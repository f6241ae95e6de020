//! Digests of format 1.

ghost use Rattle.std.specs.Prelude.{◌≡◌, ◌≤◌, ◌^◌, ℕ, List, [], ◌∷◌, ◌++◌, length, IsOk, IfOk, OnOk};
ghost use Rattle.mv_rebuild.specs.Parts.{Part, referred, segmented, start_of, started, tag_of};
ghost use Rattle.mv_provenance.specs.Formats.{reference_bytes1, start_bytes1};
ghost use Rattle.mv_provenance.specs.Message.{Fed, digest_of};

use crate::message::Message;
use crate::parts::{add_segment, add_sets, kind_byte};
use mv_rebuild::{PicStart, Rebuild, RefKind};
use std::alloc::{AllocError, Global};

/// A picture's digest of format 1.
#[derive(Clone, Copy, Debug, PartialEq, Eq)]
pub struct Digest32 {
    /// The SHA-256 of the picture's bytes.
    pub bytes: [u8; 32],
}

/// Makes of each picture its digest of format 1 (this project's profile): the SHA-256 of all that it is decoded from.
#[derive(Clone, Copy, Debug)]
pub struct DigestRebuild;

impl Rebuild for DigestRebuild {
    ghost use Rattle.mv_provenance.specs.Making.{making1, picture1};

    type Work = Message;

    type Pic = Digest32;

    ghost meaning = { λ _. making1 };

    /// Begins a picture's bytes. It never fails.
    fn start(&self, alloc: Global, at: &PicStart<'_>) -> Result<Message, AllocError>
        requires vps { length at.now.vps.now ≤ 65536 }
        requires sps { length at.now.sps.now ≤ 65536 }
        requires pps { length at.now.pps.now ≤ 65536 }
        ensures begun { IfOk result (λ work. making1.stands work (started at.now ∷ [])) }
        ensures never_fails { IsOk result }
    {
        let _ = alloc;
        Ok(begin(at))
    }

    /// Adds a reference: its kind and its digest. It never fails.
    fn refer(
        &self,
        alloc: Global,
        work: &mut Message,
        kind: RefKind,
        pic: &Digest32,
    ) -> Result<(), AllocError>
        ensures added { (parts : List (Part Digest32)) → making1.stands work.old parts → OnOk result (making1.stands work.new (parts ++ referred kind pic.now ∷ [])) }
        ensures never_fails { IsOk result }
    {
        let _ = alloc;
        add_reference(work, kind, pic);
        Ok(())
    }

    /// Adds a slice segment. It never fails.
    fn slice(
        &self,
        alloc: Global,
        work: &mut Message,
        unit: &[u8],
        list0: &[u8],
        list1: &[u8],
    ) -> Result<(), AllocError>
        requires unit { length unit.now ≤ 2 ^ 24 }
        requires list0 { length list0.now ≤ 15 }
        requires list1 { length list1.now ≤ 15 }
        ensures added { (parts : List (Part Digest32)) → making1.stands work.old parts → OnOk result (making1.stands work.new (parts ++ segmented unit.now list0.now list1.now ∷ [])) }
        ensures never_fails { IsOk result }
    {
        let _ = alloc;
        add_segment(work, unit, list0, list1);
        Ok(())
    }

    /// The digest. It never fails.
    fn finish(&self, alloc: Global, work: Message) -> Result<Digest32, AllocError>
        ensures made { (parts : List (Part Digest32)) → making1.stands work parts → IfOk result (λ pic. pic ≡ picture1 parts) }
        ensures never_fails { IsOk result }
    {
        let _ = alloc;
        Ok(end(work))
    }
}

// The bytes that a picture begins with.
fn begin(at: &PicStart<'_>) -> Message
    requires vps { length at.now.vps.now ≤ 65536 }
    requires sps { length at.now.sps.now ≤ 65536 }
    requires pps { length at.now.pps.now ≤ 65536 }
    ensures { Fed result (start_bytes1 (start_of at.now)) }
{
    let mut message = Message::new();
    message.add(b"mvp1");
    message.add(&[at.layer]);
    message.add(&at.count.to_be_bytes());
    add_sets(&mut message, at.vps, at.sps, at.pps);
    message
}

// Adds a reference.
fn add_reference(message: &mut Message, kind: RefKind, pic: &Digest32)
    ensures { (before : List ℕ) → Fed message.old before → Fed message.new (before ++ reference_bytes1 (tag_of kind) pic.now) }
{
    message.add(&[1, kind_byte(kind)]);
    message.add(&pic.bytes);
}

// The digest, behind the byte that ends a picture.
fn end(mut work: Message) -> Digest32
    ensures { (bytes : List ℕ) → Fed work bytes → result ≡ record { bytes = digest_of (bytes ++ 3 ∷ []) } }
{
    work.add(&[3]);
    Digest32 {
        bytes: work.finish(),
    }
}
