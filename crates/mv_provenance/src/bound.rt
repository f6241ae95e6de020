//! What a digest of format 2 binds beside the bytes.

use crate::message::Message;

/// A picture's digest of format 2, and what a reference to it binds.
#[derive(Clone, Copy, Debug, PartialEq, Eq)]
pub struct Digest2 {
    /// The SHA-256 of the picture's bytes.
    pub bytes: [u8; 32],
    /// ViewId of its layer.
    pub view: u32,
    /// PicOrderCntVal.
    pub count: i32,
}

/// A picture's bytes so far, and its view and count.
#[derive(Drop)]
pub struct Bound2 {
    pub(crate) message: Message,
    pub(crate) view: u32,
    pub(crate) count: i32,
}
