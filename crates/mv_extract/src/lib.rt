//! Extraction of a sub-bitstream: the units of the layers that are kept for an output layer set, each put behind a start code,
//! bytes unchanged, while the whole stream is checked.
#![tactic(auto)]

mod accepting;
mod error;
mod extracting;
mod extractor;
mod keeping;
pub mod laws;
mod no_sink;

pub use error::{ExtractError, WorkFault};
pub use extracting::{check, extract};
pub use keeping::keeps;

____________

> [WORK REQUEST]:
Would you output, unchanged, each line from the start of the records to the line that holds "impl Rebuild for", both included and nothing else?

> [ANSWER BOX]:
repository f6241ae95e6de020
//! Digests of format 1.

ghost use Rattle.std.specs.Prelude.{◌≡◌, ◌≤◌, ◌^◌, ℕ, List, [], ◌∷◌, ◌++◌, length, IsOk, IfOk, OnOk};
ghost use Rattle.mv_rebuild.specs.Parts.{Part, referred, segmented, start_of, started, tag_of};
ghost use Rattle.mv_provenance.specs.Formats.{reference_bytes1, start_bytes1};
ghost use Rattle.mv_provenance.specs.Message.{Fed, digest_of};

use crate::message::Message;
use crate::parts::{add_segment, add_sets, kind_byte};
use mv_rebuild::{PicStart, Rebuild, RefKind};
use std::alloc::{AllocError, Global};

/// A picture's digest of format 1.
#[derive(Clone, Copy, Debug, PartialEq, Eq)]
pub struct Digest32 {
    /// The SHA-256 of the picture's bytes.
    pub bytes: [u8; 32],
}

/// Makes of each picture its digest of format 1 (this project's profile): the SHA-256 of all that it is decoded from.
#[derive(Clone, Copy, Debug)]
pub struct DigestRebuild;

impl Rebuild for DigestRebuild {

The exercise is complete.